Abstract:
A heading reference system mounted in a vehicle, e.g. an aircraft or a  ta includes a magnetic compass and a gyroscope. The magnetic compass is subject to deviation in the magnetic field, hence the system must be calibrated. If the vehicle is oriented in a starting direction, and the output of the magnetic compass compared to the output of the gyroscope, an error signal is developed. This error signal is filtered to reduce noise, then stored. The vehicle is then re-oriented and the procedure repeated until sufficient information is available to calibrate the system. A microprocessor may be used for the computations and filtering of noise.

Description:
GOVERNMENT LICENSE 
     The invention described herein may be manufactured and used by or for the Government for governmental purposes without the payment of any royalties thereon or therefor. 
    
    
     CONTINUING APPLICATION 
     This application is a continuation-in-part of application Ser. No. 005,255, filed Jan. 22, 1979, now abandoned. 
    
    
     INCORPORATION BY REFERENCE 
     The entire test of U.S. Pat. No. 4,143,467, issued Mar. 13, 1979, including illustrations, is hereby incorporated by reference for essential material as permitted by MPEP 608.01(P). 

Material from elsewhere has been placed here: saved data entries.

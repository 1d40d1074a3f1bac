// Writing a message piece by piece, each after the one before it.
ghost use Rattle.std.specs.Prelude.{◌≡◌, ◌≤◌, ◌+◌, ◌++◌, length, take, replicate};

/// Writes a piece at `at`, and answers where it ends.
pub fn put(out: &mut [u8], at: usize, piece: &[u8]) -> usize
    requires { at + length piece.now ≤ length out.old }
    ensures end { result ≡ at + length piece.now }
    ensures bytes { take result out.new ≡ take at out.old ++ piece.now }
{
    let end = at + piece.len();
    out[at..end].copy_from_slice(piece);
    end
}

/// Writes n zeros at `at`, and answers where they end.
pub fn put_zeros(out: &mut [u8], at: usize, count: usize) -> usize
    requires { at + count ≤ length out.old }
    ensures end { result ≡ at + count }
    ensures bytes { take result out.new ≡ take at out.old ++ replicate count 0 }
{
    let end = at + count;
    out[at..end].fill(0);
    end
}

     BACKGROUND OF THE INVENTION 
     (a) Field of the Invention 
     Broadly speaking, this invention relates to gyroscopically-stabilized, magnetically-slaved heading reference systems. More particularly, in a preferred embodiment, this invention relates to methods and apparatus for calibrating the magnetic sensor used therein. 

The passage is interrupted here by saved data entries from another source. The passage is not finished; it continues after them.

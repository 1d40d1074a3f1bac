// Reading the body of a reply: one function for each kind of body with more than a number.
ghost use Rattle.std.specs.Prelude.{◌≡◌, ◌≤◌, ◌*◌, ◌==◌, if◌then◌else◌, length, option_map, slice_index, true};
ghost use Rattle.af_limits.specs.Limits.{most_devices};
ghost use Rattle.af_wire.specs.Order.{i16_of};
ghost use Rattle.af_sample.specs.Channels.{is_channel_count};
ghost use Rattle.af_sample.specs.Gains.{gain_of};
ghost use Rattle.af_request.specs.Answer.{reply_meaning, items_of};
ghost use Rattle.af_request.specs.Fields.{u32_at};
ghost use Rattle.af_request.specs.Replies.{answer_in, controls_in, device_in, devices_in, flag_of, is_padded, is_plain, phone_in, phone_of, plain_in, recorded_body, setup_in, is_zero};

use crate::opcode;
use crate::reply::{Controls, DeviceInfo, Devices, Phone, Reply};
use af_sample::{Gain, SampleType, is_listed_rate};
use af_time::DevTime;
use af_wire::Order;

/// Reads the body, in the order of its link, of a reply to a request of this opcode, or to a setup (`SETUP`). None exactly where
/// it is no such body. Its length does not fit, a flag is above 1, a gain outside -30..30, or a type above 3. Or it has channels
/// other than 1 and 2, a rate that is not listed, a horizon that is not 4 seconds, fewer than 1 or more than 8 devices, or
/// padding that is not zero.
pub fn read_reply<'a>(order: Order, opcode: u8, body: &'a [u8]) -> Option<Reply<'a>>
    ensures { option_map reply_meaning result ≡ answer_in order opcode body.entry.now }
{
    if is_plain(opcode) {
        return plain(body);
    }
    match opcode {
        opcode::SETUP => setup(order, body),
        opcode::GET_TIME => Some(Reply::Time {
            time: DevTime(one_word(order, body)?),
        }),
        opcode::PLAY => Some(Reply::Played {
            time: DevTime(one_word(order, body)?),
        }),
        opcode::RECORD => recorded(order, body),
        opcode::QUERY_CONTROLS => controls(order, body),
        opcode::QUERY_PHONE => phone(body),
        _ => None,
    }
}

// Whether the reply to a request of this opcode has no value.
fn is_plain(opcode: u8) -> bool
    ensures { result ≡ is_plain opcode }
{
    matches!(
        opcode,
        opcode::CREATE_AC
            | opcode::CHANGE_AC
            | opcode::FREE_AC
            | opcode::SELECT_EVENTS
            | opcode::SET_CONTROLS
            | opcode::HOOK_SWITCH
    )
}

fn plain<'a>(body: &'a [u8]) -> Option<Reply<'a>>
    ensures { option_map reply_meaning result ≡ plain_in body.entry.now }
{
    if body.is_empty() {
        Some(Reply::Plain)
    } else {
        None
    }
}

// The one number of a body of four bytes.
fn one_word(order: Order, body: &[u8]) -> Option<u32>
    ensures { result ≡ if length body.now == 4 then Some (u32_at order 0 body.now) else None }
{
    let [a, b, c, d] = body else {
        return None;
    };
    Some(order.u32([*a, *b, *c, *d]))
}

fn recorded<'a>(order: Order, body: &'a [u8]) -> Option<Reply<'a>>
    ensures { option_map reply_meaning result ≡ recorded_body order body.entry.now }
{
    let [a, b, c, d, e, f, g, h, data @ ..] = body else {
        return None;
    };
    let nbytes = order.u32([*e, *f, *g, *h]);
    if !is_padded(nbytes, data) {
        return None;
    }
    Some(Reply::Recorded {
        time: DevTime(order.u32([*a, *b, *c, *d])),
        samples: &data[..nbytes as usize],
    })
}

// Whether these are `count` bytes, padded with zeros to a word.
fn is_padded(count: u32, bytes: &[u8]) -> bool
    ensures value { result ≡ is_padded count bytes.now }
    ensures within { result ≡ true → count ≤ length bytes.now }
{
    let count = count as usize;
    bytes.len() == 4 * count.div_ceil(4) && is_padding(&bytes[count..])
}

fn controls<'a>(order: Order, body: &'a [u8]) -> Option<Reply<'a>>
    ensures { option_map reply_meaning result ≡ controls_in order body.entry.now }
{
    let [input_on, output_on, 0, 0, a, b, c, d] = body else {
        return None;
    };
    let input_on = flag(*input_on)?;
    let output_on = flag(*output_on)?;
    let input_gain = gain(order, [*a, *b])?;
    let output_gain = gain(order, [*c, *d])?;
    Some(Reply::Controls {
        controls: Controls {
            input_on,
            output_on,
            input_gain,
            output_gain,
        },
    })
}

fn phone<'a>(body: &'a [u8]) -> Option<Reply<'a>>
    ensures { option_map reply_meaning result ≡ phone_in body.entry.now }
{
    let [wanted_off, given_off, ringing, current, dead, padding @ ..] = body else {
        return None;
    };
    if padding.len() != 3 || !is_padding(padding) {
        return None;
    }
    let phone = phone_of([*wanted_off, *given_off, *ringing, *current, *dead])?;
    Some(Reply::Phone { phone })
}

fn phone_of(flags: [u8; 5]) -> Option<Phone>
    ensures { result ≡ phone_of (flag_of (slice_index flags 0)) (flag_of (slice_index flags 1)) (flag_of (slice_index flags 2))
        (flag_of (slice_index flags 3)) (flag_of (slice_index flags 4)) }
{
    let [wanted_off, given_off, ringing, current, dead] = flags;
    Some(Phone {
        wanted_off: flag(wanted_off)?,
        given_off: flag(given_off)?,
        ringing: flag(ringing)?,
        current: flag(current)?,
        dead: flag(dead)?,
    })
}

fn setup<'a>(order: Order, body: &'a [u8]) -> Option<Reply<'a>>
    ensures { option_map reply_meaning result ≡ setup_in order body.entry.now }
{
    let [a, b, c, d, e, f, g, h, data @ ..] = body else {
        return None;
    };
    let major = order.u16([*a, *b]);
    let minor = order.u16([*c, *d]);
    let count = order.u32([*e, *f, *g, *h]) as usize;
    if major != 1 || minor != 0 || count == 0 || count > 8 || data.len() != 12 * count {
        return None;
    }
    let devices = devices(order, count, data)?;
    Some(Reply::Setup { devices })
}

// The devices that n times 12 bytes of the reply to a setup describe.
fn devices(order: Order, count: usize, bytes: &[u8]) -> Option<Devices>
    requires most { count ≤ most_devices }
    requires whole { length bytes.now ≡ 12 * count }
    ensures { option_map items_of result ≡ devices_in order count bytes.now }
{
    let mut devices = Devices::new();
    for i in 0..count {
        let at = 12 * i;
        devices.push(device(order, &bytes[at..at + 12])?);
    }
    Some(devices)
}

// The device that 12 bytes of the reply to a setup describe.
fn device(order: Order, bytes: &[u8]) -> Option<DeviceInfo>
    requires { length bytes.now ≡ 12 }
    ensures { result ≡ device_in order bytes.now }
{
    let [ty, channels, line, 0, a, b, c, d, e, f, g, h] = bytes else {
        return None;
    };
    let rate = order.u32([*a, *b, *c, *d]);
    let horizon = order.u32([*e, *f, *g, *h]);
    let ty = SampleType::of_code(*ty)?;
    let line = flag(*line)?;
    if is_channel_count(*channels) && is_listed_rate(rate) && horizon == rate * 4 {
        Some(DeviceInfo {
            ty,
            channels: *channels,
            line,
            rate,
            horizon,
        })
    } else {
        None
    }
}

// Whether a device can have so many channels.
fn is_channel_count(channels: u8) -> bool
    ensures { result ≡ is_channel_count channels }
{
    channels == 1 || channels == 2
}

fn flag(byte: u8) -> Option<bool>
    ensures { result ≡ flag_of byte }
{
    match byte {
        0 => Some(false),
        1 => Some(true),
        _ => None,
    }
}

// The gain whose decibels two bytes state.
fn gain(order: Order, bytes: [u8; 2]) -> Option<Gain>
    ensures { result ≡ gain_of (i16_of order bytes) }
{
    Gain::new(i32::from(order.i16(bytes)))
}

fn is_padding(bytes: &[u8]) -> bool
    ensures { result ≡ is_zero bytes.now }
{
    bytes.iter().all(|b| *b == 0)
}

     (b) Discussion of the Prior Art 
     Most modern military vehicles utilize a heading reference system for navigation and fire control purposes. Typically, such systems are gyroscopically-stabilized and magnetically-slaved, that is they employ a flux valve or magnetic compass. Unfortunately, the magnetic compass in a vehicle is subject to heading errors caused by magnetic deviation. Therefore, the compass must periodically be calibrated so that the known error can be added to or subtracted from the indicated heading to obtain the true magnetic heading. 
     Existing techniques for calibrating a magnetic compass take several hours and require from 2 to 3 persons. Essentially, they involve swinging the vehicle either manually or electronically, and hence the compass, and comparing the readings obtained against a known standard compass free from deviation error. 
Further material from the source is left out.